I was pokin round an found these mylar bags what ya can seal with any vac machine. Price ain't really all that bad. I might have ta order some a these an give em a try.

Here be the site what got em:

http://mylarbagsdirect.com/1gavasemyba.html


----------



## camo2460 (Feb 10, 2013)

Thanks OCH, I flagged the site so that I could place an order.


----------



## talob (Sep 16, 2009)

Yup, bookmarked em to, thanks.


----------



## rawhide2971 (Apr 19, 2013)

Nice find. I will give them a try as well. Price looks reasonable


----------



## cqp33 (Apr 2, 2012)

Good find REV! Thanks for sharing!


----------



## Dakine (Sep 4, 2012)

Thanks OCH, I'm looking at some bag options and I'll keep these guys in mind!


----------



## rawhide2971 (Apr 19, 2013)

*Major Fail*

I finally got around to trying these bags out and unfortunately they don't work with either of my two vacuum sealers. :gaah:

They both will pull a vacuum but apparently the heat sealer strip on the two units I own are not sufficient to make the seal.
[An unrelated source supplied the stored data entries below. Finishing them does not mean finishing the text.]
//! The tables of all regions.
#![tactic(auto)]

pub mod accessor;
mod append_check;
mod boxed_table;
pub mod item_writes;
mod known_extents;
mod neighbor;
pub mod region_tables;

pub use accessor::{MemTableAccessor, slot_of};
#[doc(hidden)]
pub use boxed_table::BoxedTable;
#[doc(hidden)]
pub use item_writes::Writing;
pub use region_tables::RegionTables;
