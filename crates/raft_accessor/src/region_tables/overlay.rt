//! Rewritten tables of one slot put under those of the append queue, each as the region mark of the append
//! queue says (`Mark`: what the queue's steps do to any older table of a region).

ghost use Rattle.std.specs.Prelude.{◌≡◌, IfSome, Some, None};
ghost use Rattle.raft_accessor.specs.Common.{Rewrite, live_of, IsCounted, IsRecounted, table_in, live_in, IsPutOver, IsTableOverlaid};

use crate::boxed_table::BoxedTable;
use crate::region_tables::RegionTables;
use raft_base::Result;
use raft_table::{GlobalStats, Mark, MemTable};

impl RegionTables {
    /// Puts the table that the append queue gives the region `id`, or its absence, over the rewritten table
    /// that stands here. `mark`, the region mark of the append queue, says what of the rewritten table stays.
    ///
    /// # Errors
    ///
    /// Those of [`MemTable::overlay`]; `Memory`. `appended` is dropped then, and the counts still agree with
    /// the tables.
    pub(crate) fn overlay_table(
        &mut self,
        id: u64,
        appended: Option<BoxedTable>,
        mark: &Mark,
        stats: &mut GlobalStats,
    ) -> Result<()>
        requires region { IfSome appended (λ t. t.region_id ≡ id) }
        requires own { live_in Rewrite appended ≡ 0 }
        requires counted { IsCounted (table_in self.old id) stats.old }
        ensures { IsTableOverlaid mark.now appended self.old id stats.old result self.new
            stats.new }
    {
        match appended {
            Some(appended) => self.overlay_appended_table(id, appended.into_table(), mark, stats),
            None => self.apply_appended_mark(id, mark, stats),
        }
    }

    /// Puts `appended`, the table that the append queue gives the region `id`, over the rewritten one, as
    /// `mark` says. If there is no rewritten one, an empty one is made first.
    ///
    /// # Errors
    ///
    /// Those of [`MemTable::overlay`]; `Memory`. `appended` is dropped then, and the counts still agree with
    /// the tables.
    fn overlay_appended_table(
        &mut self,
        id: u64,
        appended: MemTable,
        mark: &Mark,
        stats: &mut GlobalStats,
    ) -> Result<()>
        requires region { appended.region_id ≡ id }
        requires own { live_of Rewrite appended ≡ 0 }
        requires counted { IsCounted (table_in self.old id) stats.old }
        ensures { IsTableOverlaid mark.now (Some appended) self.old id stats.old result self.new
            stats.new }
    {
        self.update_and_keep(
            id,
            stats,
            move |table: &mut MemTable, stats: &mut GlobalStats| -> Result<()>
                requires region { table.old.region_id ≡ appended.region_id }
                requires own { live_of Rewrite appended ≡ 0 }
                requires counted { IsCounted table.old stats.old }
                ensures put { IsPutOver mark.entry.now appended stats.old result table.old
                    table.new }
                ensures region { table.new.region_id ≡ table.old.region_id }
                ensures recounted { IsRecounted table.old table.new stats.old stats.new }
            {
                let mut appended = appended;
                table.overlay(&mut appended, mark, stats)
            },
        )
    }

    /// Drops from the rewritten table of the region `id` what the append queue takes away by `mark`; that
    /// queue gives the region no table. If the mark cleans the region, the whole table goes.
    ///
    /// # Errors
    ///
    /// Those of [`MemTable::overlay`]; `Memory`. The counts still agree with the table then.
    fn apply_appended_mark(&mut self, id: u64, mark: &Mark, stats: &mut GlobalStats) -> Result<()>
        requires counted { IsCounted (table_in self.old id) stats.old }
        ensures { IsTableOverlaid mark.now None self.old id stats.old result self.new stats.new }
    {
        if mark.is_cleaned() {
            self.remove(id, stats);
            return Ok(());
        }
        if self.get(id).is_none() {
            return Ok(());
        }
        self.overlay_appended_table(id, MemTable::new(self.alloc, id), mark, stats)
    }
}
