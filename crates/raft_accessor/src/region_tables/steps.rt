//! Steps and rewritings on the table of one region, which is made where there is none. The caller has tested
//! that runs and files are of the queue.

ghost use Rattle.std.specs.Prelude.{◌≡◌, ◌≢◌, [], List, ℕ, length, true, Ok, Err, OnOk, if◌then◌else◌};
ghost use Rattle.raft_accessor.specs.Common.{Memory, LogQueue, Append, Rewrite, file_at, entries_after_rewrite, counts_after_rewrite, IsRewriteFault, entries_after_append, counts_with_run, IsTableRunFault, step_shown, Put, after_append};
ghost use Rattle.raft_accessor.specs.Common.{after_rewrite, after_rewrite_key, with_rewritten_key, leaves_append, IsKeyRewriteFault, IsCounted, IsRunIn, IsStepOfQueue, table_in, IsStepTaken, BecomesOutcome};
ghost use Rattle.raft_table.specs.Steps.{Clean};

use crate::region_tables::RegionTables;
use raft_base::{EntryIndex, FileId, FileSeq, LogQueue, Result};
use raft_table::{GlobalStats, Step};

impl RegionTables {
    /// Appends `run`, a new one of the append queue, to the table of the region `id`. A region without a
    /// table gets an empty one first.
    ///
    /// # Errors
    ///
    /// Those of [`MemTable::append`]; `Memory`. Tables and counts are unchanged then, and no table has been
    /// made.
    pub(crate) fn append_run(
        &mut self,
        id: u64,
        run: Vec<EntryIndex>,
        stats: &mut GlobalStats,
    ) -> Result<()>
        requires run { IsRunIn Append run.items }
        requires counted { IsCounted (table_in self.old id) stats.old }
        ensures outcome { BecomesOutcome (after_append (table_in self.old id) run.items)
            (IsTableRunFault Append stats.old (table_in self.old id).entries
            (entries_after_append (table_in self.old id).entries run.items))
            self.old id stats.old result self.new stats.new }
        ensures counts { OnOk result (stats.new
            ≡ counts_with_run Append (table_in self.old id).entries run.items stats.old) }
    {
        self.update(id, stats, move |table, stats| table.append(run, stats))
    }

    /// Applies `step`, which was read from `queue`, to the table of the region `id`. A region without a table
    /// gets an empty one first. A clean removes the table; in the append queue it also appends the region to
    /// `cleaned`.
    ///
    /// # Errors
    ///
    /// Those of [`MemTable::take_step`]; `Memory`. Tables, counts and `cleaned` are unchanged then.
    pub(crate) fn take_step(
        &mut self,
        queue: LogQueue,
        id: u64,
        step: Step,
        stats: &mut GlobalStats,
        cleaned: &mut Vec<u64>,
    ) -> Result<()>
        requires of_queue { IsStepOfQueue queue (step_shown step) }
        requires counted { IsCounted (table_in self.old id) stats.old }
        ensures { IsStepTaken queue id (step_shown step)
            self.old stats.old cleaned.old.items result self.new stats.new cleaned.new.items }
    {
        if step.is_clean() {
            return self.clean_region(queue, id, stats, cleaned);
        }
        self.update(id, stats, move |table, stats| {
            table.take_step(queue, step, stats)
        })
    }

    /// Puts copies of `key` and `value`, whose record stands in `file`, into the table of the region `id`, if
    /// that has entries. Returns whether it did.
    ///
    /// Returns false, and changes nothing, if the table has no entries or there is none, or if it would
    /// refuse the put, for lack of memory too.
    pub(crate) fn try_put(
        &mut self,
        id: u64,
        key: &[u8],
        value: &[u8],
        file: FileId,
        stats: &mut GlobalStats,
    ) -> bool
        requires { IsCounted (table_in self.old id) stats.old }
        ensures taken { (queue : LogQueue) (list : List ℕ) → IsStepTaken queue id
            (Put key.now value.now file) self.old stats.old list
            (if result then Ok tt else Err Memory) self.new stats.new list }
        ensures entries { result ≡ true → (table_in self.old id).entries ≢ [] }
    {
        let Some(table) = self.tables.get_mut(&id) else {
            return false;
        };
        table.boxed.try_put(key, value, file, stats)
    }

    /// Removes the table of the region `id`, if there is one. In the append queue the region is also appended
    /// to `cleaned`.
    ///
    /// # Errors
    ///
    /// `Memory`, which can come only in the append queue. Tables, counts and `cleaned` are unchanged then.
    fn clean_region(
        &mut self,
        queue: LogQueue,
        id: u64,
        stats: &mut GlobalStats,
        cleaned: &mut Vec<u64>,
    ) -> Result<()>
        requires { IsCounted (table_in self.old id) stats.old }
        ensures { IsStepTaken queue id Clean
            self.old stats.old cleaned.old.items result self.new stats.new cleaned.new.items }
    {
        match queue {
            LogQueue::Append => {
                cleaned.push(id)?;
                self.remove(id, stats);
                Ok(())
            }
            LogQueue::Rewrite => {
                self.remove(id, stats);
                Ok(())
            }
        }
    }

    /// Gives entries of the region `id` the places of `run`, which was written to the rewrite queue
    /// ([`MemTable::rewrite`]). With a `gate`, entries move whose file is numbered at or below it; without
    /// one, those that are rewritten already. A region without a table gets an empty one first.
    ///
    /// # Errors
    ///
    /// Those of [`MemTable::rewrite`]; `Memory`. Tables and counts are unchanged then.
    pub(crate) fn rewrite_run(
        &mut self,
        id: u64,
        run: Vec<EntryIndex>,
        gate: Option<FileSeq>,
        stats: &mut GlobalStats,
    ) -> Result<()>
        requires run { IsRunIn Rewrite run.items }
        requires counted { IsCounted (table_in self.old id) stats.old }
        ensures outcome { BecomesOutcome (after_rewrite gate (table_in self.old id) run.items)
            (IsRewriteFault (length run.items) stats.old
            (entries_after_rewrite gate run.items (table_in self.old id).entries))
            self.old id stats.old result self.new stats.new }
        ensures counts { OnOk result (stats.new
            ≡ counts_after_rewrite gate run.items (table_in self.old id).entries stats.old) }
    {
        self.update(id, stats, move |table, stats| {
            table.rewrite(run, gate, stats)
        })
    }

    /// Moves the value of `key` of the region `id` to the file numbered `seq` of the rewrite queue
    /// ([`MemTable::rewrite_key`]). One in an append file moves only with a `gate` at or above that file, a
    /// rewritten one always. A region without a table gets an empty one first.
    ///
    /// # Errors
    ///
    /// Those of [`MemTable::rewrite_key`]; `Memory`. Tables and counts are unchanged then.
    pub(crate) fn rewrite_key(
        &mut self,
        id: u64,
        key: Vec<u8>,
        gate: Option<FileSeq>,
        seq: FileSeq,
        stats: &mut GlobalStats,
    ) -> Result<()>
        requires { IsCounted (table_in self.old id) stats.old }
        ensures outcome { BecomesOutcome
            (after_rewrite_key gate seq (table_in self.old id) key.items)
            (IsKeyRewriteFault stats.old
            (after_rewrite_key gate seq (table_in self.old id) key.items))
            self.old id stats.old result self.new stats.new }
        ensures counts { OnOk result (stats.new
            ≡ with_rewritten_key
            (leaves_append gate (file_at (table_in self.old id).keys key.items)) stats.old) }
    {
        self.update(id, stats, move |table, stats| {
            table.rewrite_key(key, gate, seq, stats)
        })
    }
}
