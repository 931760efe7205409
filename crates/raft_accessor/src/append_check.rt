//! A check of new items: whether the tables would accept them, one after the other.

ghost use Rattle.std.specs.Prelude.{◌≡◌, ℕ, List, [], IfOk, IfErr, OnOk, option_map};
ghost use Rattle.raft_accessor.specs.Common.{EntryIndex, item_of, pair_of, table_of, below, from, Tables, table_in, IsExtentOf, commanded, TakesRun, IsRunCheckFault, AreBefore, TakesNext, IsNextFault, IsPairAccepted, IsPairCheckFault, known_extents};

use crate::known_extents::KnownExtents;
use raft_base::{EntryIndex, Error, Result, is_consecutive};
use raft_records::{Command, KeyValue, LogItem, LogItemContent, OpType, is_reserved};
use raft_table::{MemTable, hole_error};
use std::alloc::Global;

/// Where the entries of a region begin and end: the index of the first one, and the index after the last one.
/// Both are 0 without entries.
#[derive(Clone, Copy, Debug)]
pub(crate) struct Extent {
    first: u64,
    end: u64,
}

impl Extent {
    /// Returns the extent of no entries: both ends are 0.
    fn of_no_entries() -> Extent
        ensures { IsExtentOf result [] }
    {
        Extent { first: 0, end: 0 }
    }

    /// Returns the extent of the entries of `table`, or that of no entries without a table.
    fn of_table(table: Option<&MemTable>) -> Extent
        ensures { (id : ℕ) → IsExtentOf result
            (table_of id (option_map (λ t. t.now) table.entry)).entries }
    {
        let Some(table) = table else {
            return Extent::of_no_entries();
        };
        table.holds_one_run();
        match table.first_index() {
            Some(first) => Extent {
                first,
                end: table.end(),
            },
            None => Extent::of_no_entries(),
        }
    }

    /// Returns what is left of the extent by a compaction to `index`: the entries at or above it.
    fn after_compaction(self, index: u64) -> Extent
        ensures { (es : List EntryIndex) → IsExtentOf self es → IsExtentOf result (from index es) }
    {
        if self.end <= index {
            return Extent::of_no_entries();
        }
        Extent {
            first: self.first.max(index),
            end: self.end,
        }
    }

    /// Returns what is left of the extent by a truncation at `index`: the entries below it.
    fn after_truncation(self, index: u64) -> Extent
        ensures { (es : List EntryIndex) → IsExtentOf self es → IsExtentOf result (below index es) }
    {
        if index <= self.first {
            return Extent::of_no_entries();
        }
        Extent {
            first: self.first,
            end: self.end.min(index),
        }
    }

    /// Returns the extent after `command`: none after a `Clean`, else what the compaction or truncation
    /// leaves.
    fn after_command(self, command: &Command) -> Extent
        ensures { (es : List EntryIndex) → IsExtentOf self es
            → IsExtentOf result (commanded command.now es) }
    {
        match command {
            Command::Clean => Extent::of_no_entries(),
            Command::Compact { index } => self.after_compaction(*index),
            Command::Truncate { index } => self.after_truncation(*index),
        }
    }

    /// Returns the extent after `run` has been appended, by the rules of [`MemTable::append`]. A run without
    /// entries changes nothing. `id` is the region, for the text of an error.
    ///
    /// # Errors
    ///
    /// `Corruption` if the indexes of the run aren't consecutive, or it begins below the first entry or
    /// leaves a hole after the last one; `Memory` if there is none for the text.
    fn after_run(self, alloc: Global, id: u64, run: &[EntryIndex]) -> Result<Extent>
        ensures ok { IfOk result (TakesRun self run.now) }
        ensures fault { IfErr result (IsRunCheckFault self run.now) }
    {
        let Some(first) = run.first() else {
            return Ok(self);
        };
        let start = first.index;
        if !is_consecutive(run) {
            return Err(Error::Corruption(format!(in alloc;
                "region {id}: the indexes of a run from {start} on are not consecutive"
            )?));
        }
        if start < self.first {
            let first = self.first;
            return Err(Error::Corruption(format!(in alloc;
                "region {id}: a run from index {start} on begins in front of the first entry {first}"
            )?));
        }
        let end = self.end;
        if 0 < end && end < start {
            return Err(hole_error(alloc, id, start, end));
        }
        Ok(Extent {
            first: if end == 0 { start } else { self.first },
            end: start + run.len() as u64,
        })
    }
}

/// Checks items one after the other, each as if those before it had been written. It keeps the extents of the
/// regions whose entries they change. Any other region has the extent of its table.
#[derive(Drop)]
pub(crate) struct AppendCheck {
    extents: KnownExtents,
    alloc: Global,
}

impl AppendCheck {
    /// Returns a check that has seen no item. It allocates nothing yet.
    pub(crate) fn new(alloc: Global) -> AppendCheck
        ensures { known_extents result.extents ≡ [] }
    {
        AppendCheck {
            extents: KnownExtents::new(alloc),
            alloc,
        }
    }

    /// Checks the next item, and notes where the entries of its region begin and end after it. `table` is the
    /// table that this region had before all items, or `None` if it had none.
    ///
    /// # Errors
    ///
    /// `Corruption` if the tables would refuse the item, with the region and the reason; `Memory`. Nothing is
    /// noted then.
    pub(crate) fn check_next_item(&mut self, item: &LogItem, table: Option<&MemTable>) -> Result<()>
        ensures ok { OnOk result (TakesNext (known_extents self.old.extents)
            (option_map (λ t. t.now) table.entry) (item_of item.now) (known_extents self.new.extents)) }
        ensures fault { IfErr result (IsNextFault (known_extents self.old.extents)
            (option_map (λ t. t.now) table.entry) (item_of item.now)) }
    {
        let id = item.raft_group_id;
        match &item.content {
            LogItemContent::EntryIndexes(entries) => {
                let extent = self
                    .extent_of(id, table)
                    .after_run(self.alloc, id, &entries.0)?;
                self.extents.insert(id, extent)
            }
            LogItemContent::Command(command) => {
                let extent = self.extent_of(id, table).after_command(command);
                self.extents.insert(id, extent)
            }
            LogItemContent::Kv(kv) => check_pair(self.alloc, id, kv),
        }
    }

    /// Returns the extent of the region `id` after the items so far. `table` is the table that the region had
    /// before all items, or `None` if it had none.
    fn extent_of(&self, id: u64, table: Option<&MemTable>) -> Extent
        ensures { (before now : Tables)
            → AreBefore (known_extents self.now.extents) id (option_map (λ t. t.now) table.entry) before now
            → IsExtentOf result (table_in now id).entries }
    {
        match self.extents.get(id) {
            Some(extent) => extent,
            None => Extent::of_table(table),
        }
    }
}

/// Checks that `kv`, a change of a key of the region `id`, has a value if it is a put. Under the reserved key
/// of group markers it may lack one.
///
/// # Errors
///
/// `Corruption` for a put without a value; `Memory` if there is none for its text.
fn check_pair(alloc: Global, id: u64, kv: &KeyValue) -> Result<()>
    ensures ok { OnOk result (IsPairAccepted (pair_of kv.now)) }
    ensures fault { IfErr result (IsPairCheckFault (pair_of kv.now)) }
{
    if is_reserved(&kv.key) || kv.value.is_some() {
        return Ok(());
    }
    match kv.op_type {
        OpType::Put => Err(Error::Corruption(format!(in alloc;
            "region {id}: a key is put without value"
        )?)),
        OpType::Del => Ok(()),
    }
}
At some point I will play around and use my iron to seal the bag as its still attached to the Vacuum sealer but it seems to be a lot of work for very little reward. :dunno:


----------



## razorback (Jul 17, 2012)

Do you mind sharing which vac sealers you have. I'd hate to invest in the bags only to find out we have the same sealer =D

Thank you!!


----------